# starting restoration project, need info



## DrBoeing (Apr 26, 2009)

Hi All,

I am starting my resto project on my 69 convertible, I am looking for reccomondations on body panel suppliers. 
Could you please let me know who has the best quality panels, 

Thanks


----------



## 05GTO (Oct 6, 2004)

I believe most of the suppliers have aftermarket skins and panels, I use The Parts Place Inc. out of Chicago for 80% of my parts, then 5% each for Ames Performance, Year One, Performance Years and Original Parts Group. 

You can also find panels at The Paddock.


----------



## Eric Animal (Oct 28, 2007)

I HAVE BEEN TOLD: All the aftermarket GTO panels are supplied by DYNACORN or GOODMARK. Like I said "I've been told." Eric


----------



## 05GTO (Oct 6, 2004)

Eric Animal said:


> I HAVE BEEN TOLD: All the aftermarket GTO panels are supplied by DYNACORN or GOODMARK. Like I said "I've been told." Eric


:agree

That's my understanding as well,


----------



## Too Many Projects (Nov 15, 2008)

Eric Animal said:


> I HAVE BEEN TOLD: All the aftermarket GTO panels are supplied by DYNACORN or GOODMARK. Like I said "I've been told." Eric


Actually, when I was inquiring about the 1 piece floor for my 67, I learned that there is only 1 source for ALL the body panels and that Goodmark, Dynacorn, and the rest all get their parts from the 1 source in Taiwan.
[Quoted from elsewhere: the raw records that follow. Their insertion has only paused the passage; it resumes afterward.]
// The points of a curve: they rise strictly from the low end of the interval to its high end.
ghost use Rattle.std.specs.Prelude.{◌↔◌, ◌≤◌, IsTrue, All, length};
ghost use Rattle.std.specs.Bool.{OnTrue};
ghost use Rattle.pf_model.specs.Fraction.{IsEqual, IsParameter};
ghost use Rattle.pf_model.specs.Curve.{IsDivision};
ghost use Rattle.pf_cert.specs.Parts.{Rise};

use pf_curve::Curve;
use pf_net::Net;
use pf_rat::Rat;

// Whether the first fraction is equal to `lo`, and the last one to `hi`.
fn is_span(first: &Rat, last: &Rat, lo: &Rat, hi: &Rat) -> bool
    ensures { IsTrue result ↔ (IsEqual first.now lo.now × IsEqual last.now hi.now) }
{
    if !first.cmp(lo).is_eq() {
        return false;
    }
    last.cmp(hi).is_eq()
}

// Whether each fraction is below the next.
fn rise(points: &[Rat]) -> bool
    requires { 2 ≤ length points.now }
    ensures exact { IsTrue result ↔ Rise points.now }
    ensures parameters { OnTrue result (All IsParameter points.now) }
{
    'points: for i in 1..points.len() {
        if !points[i - 1].cmp(&points[i]).is_lt() {
            return false;
        }
    }
    true
}

/// Whether there is a cut, and the points rise strictly from the low end of the network's interval to its high end.
pub fn is_division(net: &Net, curve: &Curve) -> bool
    ensures { IsTrue result ↔ IsDivision net.now curve.now.points curve.now.cuts }
{
    let points = curve.points();
    let last = points.len() - 1;
    if last == 0 {
        return false;
    }
    if !is_span(&points[0], &points[last], net.lo(), net.hi()) {
        return false;
    }
    rise(points)
}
There are rumors that Goodmark and Dynacorn get the best panels and some others get the "seconds". NO ONE will confirm that, so I take it as a rumor. As a general rule of thumb, the fit, look and quality of the panels has improved over the years because of restorers demanding better parts. In fact Ames test fits all new panels and won't sell, or notes any panels that don't meet their approval, on their site and in the catalog.I can't speak for the fit of my floor, or rocker panel parts yet, but in comparing the floor panel stamping to the car, the replacement floor is almost identical. I'm excited to get time this winter to actually dig in and start the replacement....arty:


----------



## DrBoeing (Apr 26, 2009)

Thanks folks!!!!!

One panel I am having fits trying to find is the tail light panel for the 69. I can find it for all the other years but that one.


----------



## Too Many Projects (Nov 15, 2008)

DrBoeing said:


> Thanks folks!!!!!
> 
> One panel I am having fits trying to find is the tail light panel for the 69. I can find it for all the other years but that one.
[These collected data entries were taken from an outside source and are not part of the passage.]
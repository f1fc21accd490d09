// The cuts of a curve: each holds the source and not the sink, and their slopes fall strictly.
ghost use Rattle.std.specs.Prelude.{◌≡◌, ◌<◌, ◌<ℤ◌, ◌↔◌, IsTrue, All, length};
ghost use Rattle.pf_model.specs.Network.{IsNetworkCut, line_of};
ghost use Rattle.pf_model.specs.Curve.{SlopesFall, cut_at};
ghost use Rattle.pf_cert.specs.Parts.{AreCuts};

use pf_curve::Curve;
use pf_net::Net;
use pf_rat::Line;

/// The number of cuts.
pub fn cut_count(curve: &Curve) -> usize
    ensures { result ≡ length curve.now.cuts }
{
    curve.points().len() - 1
}

/// Whether each cut of the curve is true at the source and false at the sink.
pub fn are_cuts(net: &Net, curve: &Curve) -> bool
    requires { All (λ cut. length cut ≡ net.now.nodes) curve.now.cuts }
    ensures { IsTrue result ↔ AreCuts net.now curve.now.cuts }
{
    'cuts: for i in 0..cut_count(curve) {
        if !net.is_cut(curve.cut(i)) {
            return false;
        }
    }
    true
}

/// The line of cut `i`.
pub fn cut_line(net: &Net, curve: &Curve, i: usize) -> Line
    requires place { i < length curve.now.cuts }
    requires cut { IsNetworkCut net.now (cut_at curve.now.cuts i) }
    ensures { result ≡ line_of net.now (cut_at curve.now.cuts i) }
{
    net.cut_line(curve.cut(i))
}

// Whether the slope of the second line is below that of the first.
fn falls(first: &Line, second: &Line) -> bool
    ensures { IsTrue result ↔ (second.now.b <ℤ first.now.b) }
{
    let before = first.b();
    let after = second.b();
    after < before
}

/// Whether the slopes fall strictly from cut to cut.
pub fn slopes_fall(net: &Net, curve: &Curve) -> bool
    requires { AreCuts net.now curve.now.cuts }
    ensures { IsTrue result ↔ SlopesFall net.now curve.now.cuts }
{
    let count = cut_count(curve);
    if count == 0 {
        return true;
    }
    let mut before = cut_line(net, curve, 0);
    'cuts: for i in 1..count {
        let after = cut_line(net, curve, i);
        if !falls(&before, &after) {
            return false;
        }
        before = after;
    }
    true
}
I've noticed that too and find it strange with the popularity of that year car. Maybe they think there are enough good used or NOS panels around ...:confused


----------



## 05GTO (Oct 6, 2004)

DrBoeing said:


> Thanks folks!!!!!
> 
> One panel I am having fits trying to find is the tail light panel for the 69. I can find it for all the other years but that one.
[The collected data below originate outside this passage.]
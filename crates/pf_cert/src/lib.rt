//! A test of whole least-cut functions apart from any search: points, cuts and a flow at each point are taken exactly where
//! they certify the curve of the network, whatever numbers and truth values stand in them. `check_curve` takes no memory, and goes over
//! the arcs a constant number of times for each point.
#![tactic(auto)]

mod certified;
mod check;
mod cuts;
mod flows;
mod points;

pub use certified::is_certified;
pub use check::check_curve;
Try *The Parts Place, Inc.* part number BP1251G,


----------



## DrBoeing (Apr 26, 2009)

05GTO said:


> Try *The Parts Place, Inc.* part number BP1251G,



Thanks, but unfortunately that is not the part.

This is the part I am looking for


----------



## Jstreet (Mar 9, 2009)

I'd like to have that part as well. Please post if you find it.


----------



## DrBoeing (Apr 26, 2009)

Jstreet said:


> I'd like to have that part as well. Please post if you find it.


I found a guy in Texas who has it, but he wants $800 for it. I am not paying that kind of coin.


----------



## Too Many Projects (Nov 15, 2008)

DrBoeing said:


> I found a guy in Texas who has it, but he wants $800 for it. I am not paying that kind of coin.


That's pretty common for an NOS part. A few years ago, when these cars were selling for 50-60k, the restoration shops hardly blinked at that price. Now that the value of the cars have dropped 50%, you would think the parts would come down too but I haven't noticed that...


----------



## DrBoeing (Apr 26, 2009)

Too Many Projects said:


> That's pretty common for an NOS part. A few years ago, when these cars were selling for 50-60k, the restoration shops hardly blinked at that price. Now that the value of the cars have dropped 50%, you would think the parts would come down too but I haven't noticed that...



In your travels, if you see a tail panel for a 69 that is in good shape, please let me know.

Thanks

Robert


----------



## pistolpedro (Sep 27, 2009)

I replaced both quarter panels on my 65 GTO and used Goodmark. I was very pleased with the quality. I used Ron out of WSC Motorsports in Atlanta. I found out later he was an old high school classmate.


----------